• [About this task] Whenever a line of the data below holds the string "oldest", copy that line.

(Records from a collection)
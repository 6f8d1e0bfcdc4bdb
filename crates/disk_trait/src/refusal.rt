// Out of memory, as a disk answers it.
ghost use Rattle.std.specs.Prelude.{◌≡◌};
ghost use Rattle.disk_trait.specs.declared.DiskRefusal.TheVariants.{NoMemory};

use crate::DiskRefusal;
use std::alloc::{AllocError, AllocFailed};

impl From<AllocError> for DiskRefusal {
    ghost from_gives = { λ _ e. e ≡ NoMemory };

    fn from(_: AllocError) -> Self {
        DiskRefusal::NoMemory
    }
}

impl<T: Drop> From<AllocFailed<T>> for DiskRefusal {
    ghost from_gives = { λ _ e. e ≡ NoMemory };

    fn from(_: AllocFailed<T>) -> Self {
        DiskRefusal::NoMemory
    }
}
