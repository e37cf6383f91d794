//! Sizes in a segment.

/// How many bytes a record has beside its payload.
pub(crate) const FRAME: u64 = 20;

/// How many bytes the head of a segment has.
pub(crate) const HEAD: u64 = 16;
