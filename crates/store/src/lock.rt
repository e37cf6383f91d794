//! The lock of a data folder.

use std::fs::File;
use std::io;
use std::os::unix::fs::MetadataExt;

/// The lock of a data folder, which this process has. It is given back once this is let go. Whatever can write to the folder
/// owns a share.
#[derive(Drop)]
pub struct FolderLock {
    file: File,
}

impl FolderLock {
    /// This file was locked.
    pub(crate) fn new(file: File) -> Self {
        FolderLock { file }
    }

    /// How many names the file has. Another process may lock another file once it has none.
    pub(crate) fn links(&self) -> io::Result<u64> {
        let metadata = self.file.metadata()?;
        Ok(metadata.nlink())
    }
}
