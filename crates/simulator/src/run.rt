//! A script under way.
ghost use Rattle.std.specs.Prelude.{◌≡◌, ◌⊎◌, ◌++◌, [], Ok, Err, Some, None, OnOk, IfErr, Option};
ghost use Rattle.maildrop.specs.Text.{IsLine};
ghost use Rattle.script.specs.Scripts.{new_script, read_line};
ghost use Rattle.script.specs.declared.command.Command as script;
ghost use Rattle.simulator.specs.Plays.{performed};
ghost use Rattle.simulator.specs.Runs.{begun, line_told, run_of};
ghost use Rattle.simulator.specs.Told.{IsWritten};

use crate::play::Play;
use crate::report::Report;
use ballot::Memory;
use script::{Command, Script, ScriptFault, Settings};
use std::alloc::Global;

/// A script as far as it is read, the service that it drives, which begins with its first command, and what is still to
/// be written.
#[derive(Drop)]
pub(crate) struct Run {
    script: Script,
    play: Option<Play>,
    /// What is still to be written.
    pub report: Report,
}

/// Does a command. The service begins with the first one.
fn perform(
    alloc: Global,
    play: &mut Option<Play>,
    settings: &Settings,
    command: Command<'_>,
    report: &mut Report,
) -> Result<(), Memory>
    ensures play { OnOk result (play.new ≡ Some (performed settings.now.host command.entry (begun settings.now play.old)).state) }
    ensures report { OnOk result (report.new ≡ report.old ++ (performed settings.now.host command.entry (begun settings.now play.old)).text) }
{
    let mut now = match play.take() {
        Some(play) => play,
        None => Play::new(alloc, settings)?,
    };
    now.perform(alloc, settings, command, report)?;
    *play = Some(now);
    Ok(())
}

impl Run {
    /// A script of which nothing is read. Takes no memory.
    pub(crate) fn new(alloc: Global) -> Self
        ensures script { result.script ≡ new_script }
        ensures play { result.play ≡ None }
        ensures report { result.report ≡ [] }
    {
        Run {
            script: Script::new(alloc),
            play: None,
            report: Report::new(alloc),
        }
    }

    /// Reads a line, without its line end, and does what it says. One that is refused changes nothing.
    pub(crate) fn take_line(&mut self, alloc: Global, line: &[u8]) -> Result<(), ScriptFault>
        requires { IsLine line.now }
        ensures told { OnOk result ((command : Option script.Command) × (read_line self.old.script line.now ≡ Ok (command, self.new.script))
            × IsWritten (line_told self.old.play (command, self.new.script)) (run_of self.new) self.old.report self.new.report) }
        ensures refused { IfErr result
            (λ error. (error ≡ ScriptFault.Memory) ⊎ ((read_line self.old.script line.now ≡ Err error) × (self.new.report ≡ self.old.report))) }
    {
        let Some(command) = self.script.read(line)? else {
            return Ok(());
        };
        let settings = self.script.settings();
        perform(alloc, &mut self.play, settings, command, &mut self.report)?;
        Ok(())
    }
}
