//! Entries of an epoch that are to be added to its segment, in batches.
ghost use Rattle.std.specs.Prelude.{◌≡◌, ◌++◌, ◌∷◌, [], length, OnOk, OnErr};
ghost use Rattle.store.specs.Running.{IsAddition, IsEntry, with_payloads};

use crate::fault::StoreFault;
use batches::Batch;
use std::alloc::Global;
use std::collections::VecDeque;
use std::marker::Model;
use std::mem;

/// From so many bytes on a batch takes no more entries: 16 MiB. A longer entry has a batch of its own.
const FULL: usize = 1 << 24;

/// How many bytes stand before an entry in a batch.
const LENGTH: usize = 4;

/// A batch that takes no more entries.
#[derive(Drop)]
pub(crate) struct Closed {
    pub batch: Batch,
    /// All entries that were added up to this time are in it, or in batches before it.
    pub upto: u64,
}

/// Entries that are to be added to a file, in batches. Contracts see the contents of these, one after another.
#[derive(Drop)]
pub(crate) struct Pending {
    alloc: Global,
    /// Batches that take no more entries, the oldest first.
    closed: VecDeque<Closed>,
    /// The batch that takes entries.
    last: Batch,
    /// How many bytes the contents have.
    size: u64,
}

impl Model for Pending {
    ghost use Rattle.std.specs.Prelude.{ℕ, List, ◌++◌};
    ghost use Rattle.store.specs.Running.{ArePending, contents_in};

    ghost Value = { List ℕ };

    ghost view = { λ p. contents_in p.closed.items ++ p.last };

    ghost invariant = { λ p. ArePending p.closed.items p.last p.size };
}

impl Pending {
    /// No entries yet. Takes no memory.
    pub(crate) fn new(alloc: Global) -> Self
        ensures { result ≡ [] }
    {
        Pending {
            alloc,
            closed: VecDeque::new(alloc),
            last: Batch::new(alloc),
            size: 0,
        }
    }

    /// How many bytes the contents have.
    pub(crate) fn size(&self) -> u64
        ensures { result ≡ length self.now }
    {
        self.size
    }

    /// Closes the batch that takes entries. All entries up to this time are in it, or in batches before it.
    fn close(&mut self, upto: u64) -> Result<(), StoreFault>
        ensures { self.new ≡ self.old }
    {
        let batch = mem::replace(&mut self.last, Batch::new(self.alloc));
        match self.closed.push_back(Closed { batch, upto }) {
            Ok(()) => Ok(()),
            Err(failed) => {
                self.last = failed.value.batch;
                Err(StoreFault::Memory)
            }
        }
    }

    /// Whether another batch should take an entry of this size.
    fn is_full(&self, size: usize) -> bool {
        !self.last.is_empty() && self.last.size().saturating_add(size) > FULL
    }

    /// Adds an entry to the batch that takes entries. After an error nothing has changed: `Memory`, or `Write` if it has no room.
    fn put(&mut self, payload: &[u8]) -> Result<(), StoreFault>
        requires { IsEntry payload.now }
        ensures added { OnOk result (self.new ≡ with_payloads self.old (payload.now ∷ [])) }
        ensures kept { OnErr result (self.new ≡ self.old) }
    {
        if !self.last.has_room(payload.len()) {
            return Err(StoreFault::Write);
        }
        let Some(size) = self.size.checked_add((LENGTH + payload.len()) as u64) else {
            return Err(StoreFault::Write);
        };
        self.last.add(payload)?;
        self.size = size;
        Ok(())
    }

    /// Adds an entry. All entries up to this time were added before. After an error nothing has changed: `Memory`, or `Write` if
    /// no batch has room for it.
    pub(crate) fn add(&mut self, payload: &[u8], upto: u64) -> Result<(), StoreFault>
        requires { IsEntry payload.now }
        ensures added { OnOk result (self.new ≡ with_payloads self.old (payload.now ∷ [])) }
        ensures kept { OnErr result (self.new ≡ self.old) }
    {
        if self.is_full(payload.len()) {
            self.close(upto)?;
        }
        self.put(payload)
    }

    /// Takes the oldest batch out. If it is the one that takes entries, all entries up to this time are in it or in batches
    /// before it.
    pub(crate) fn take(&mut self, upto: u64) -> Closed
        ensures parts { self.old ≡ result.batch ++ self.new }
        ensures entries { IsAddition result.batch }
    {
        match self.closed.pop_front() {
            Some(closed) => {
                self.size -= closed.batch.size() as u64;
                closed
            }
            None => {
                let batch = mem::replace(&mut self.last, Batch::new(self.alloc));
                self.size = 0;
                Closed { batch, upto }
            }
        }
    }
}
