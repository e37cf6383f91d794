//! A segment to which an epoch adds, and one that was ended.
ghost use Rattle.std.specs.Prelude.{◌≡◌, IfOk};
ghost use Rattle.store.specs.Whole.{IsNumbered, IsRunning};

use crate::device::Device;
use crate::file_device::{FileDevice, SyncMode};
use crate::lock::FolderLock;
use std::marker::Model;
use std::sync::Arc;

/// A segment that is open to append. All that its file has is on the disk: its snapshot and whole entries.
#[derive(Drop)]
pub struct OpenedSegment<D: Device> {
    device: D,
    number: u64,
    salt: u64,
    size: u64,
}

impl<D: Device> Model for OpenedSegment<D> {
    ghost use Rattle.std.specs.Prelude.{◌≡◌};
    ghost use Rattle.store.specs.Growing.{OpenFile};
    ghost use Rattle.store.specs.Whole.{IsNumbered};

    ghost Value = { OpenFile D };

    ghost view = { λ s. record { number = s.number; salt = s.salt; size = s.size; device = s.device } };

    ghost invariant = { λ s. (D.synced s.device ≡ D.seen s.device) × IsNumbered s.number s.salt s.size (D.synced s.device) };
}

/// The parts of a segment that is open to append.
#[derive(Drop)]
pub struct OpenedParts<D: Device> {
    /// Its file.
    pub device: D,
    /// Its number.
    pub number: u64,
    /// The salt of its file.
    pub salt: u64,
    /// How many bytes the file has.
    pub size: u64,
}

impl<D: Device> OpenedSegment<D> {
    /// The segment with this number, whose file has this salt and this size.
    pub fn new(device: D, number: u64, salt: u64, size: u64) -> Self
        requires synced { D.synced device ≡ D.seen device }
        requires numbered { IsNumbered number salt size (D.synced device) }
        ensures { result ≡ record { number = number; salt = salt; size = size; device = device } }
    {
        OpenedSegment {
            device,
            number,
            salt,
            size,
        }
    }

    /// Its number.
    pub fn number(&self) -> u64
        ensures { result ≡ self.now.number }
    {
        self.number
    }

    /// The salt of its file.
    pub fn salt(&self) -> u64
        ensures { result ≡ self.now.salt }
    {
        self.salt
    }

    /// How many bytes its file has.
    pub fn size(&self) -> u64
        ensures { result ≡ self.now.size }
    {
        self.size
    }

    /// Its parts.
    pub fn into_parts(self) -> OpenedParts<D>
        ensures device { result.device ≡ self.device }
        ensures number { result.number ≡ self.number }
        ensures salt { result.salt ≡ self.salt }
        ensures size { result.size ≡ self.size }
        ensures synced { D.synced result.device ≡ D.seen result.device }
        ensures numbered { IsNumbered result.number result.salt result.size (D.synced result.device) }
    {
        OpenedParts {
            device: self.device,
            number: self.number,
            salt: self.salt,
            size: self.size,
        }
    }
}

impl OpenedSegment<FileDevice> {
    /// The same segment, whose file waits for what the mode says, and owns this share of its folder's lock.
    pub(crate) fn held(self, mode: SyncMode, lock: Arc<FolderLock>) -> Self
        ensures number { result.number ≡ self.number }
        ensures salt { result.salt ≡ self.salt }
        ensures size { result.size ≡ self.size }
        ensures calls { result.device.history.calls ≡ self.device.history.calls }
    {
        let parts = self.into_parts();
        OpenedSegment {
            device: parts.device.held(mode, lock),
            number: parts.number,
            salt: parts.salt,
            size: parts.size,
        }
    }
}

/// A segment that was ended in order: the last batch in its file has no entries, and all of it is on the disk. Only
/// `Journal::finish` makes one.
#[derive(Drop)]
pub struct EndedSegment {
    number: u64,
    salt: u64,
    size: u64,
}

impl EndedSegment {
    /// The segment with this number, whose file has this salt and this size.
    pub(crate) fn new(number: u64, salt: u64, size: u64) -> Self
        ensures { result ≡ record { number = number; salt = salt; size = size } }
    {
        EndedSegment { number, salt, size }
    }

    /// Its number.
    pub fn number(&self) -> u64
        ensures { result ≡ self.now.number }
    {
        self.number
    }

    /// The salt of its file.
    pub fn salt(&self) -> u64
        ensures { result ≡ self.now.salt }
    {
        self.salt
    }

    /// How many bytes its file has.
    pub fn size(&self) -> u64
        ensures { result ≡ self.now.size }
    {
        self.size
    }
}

• [Answer to this exercise]
    /// Batches that take no more entries, the oldest first.
    /// Takes the oldest batch out. If it is the one that takes entries, all entries up to this time are in it or in batches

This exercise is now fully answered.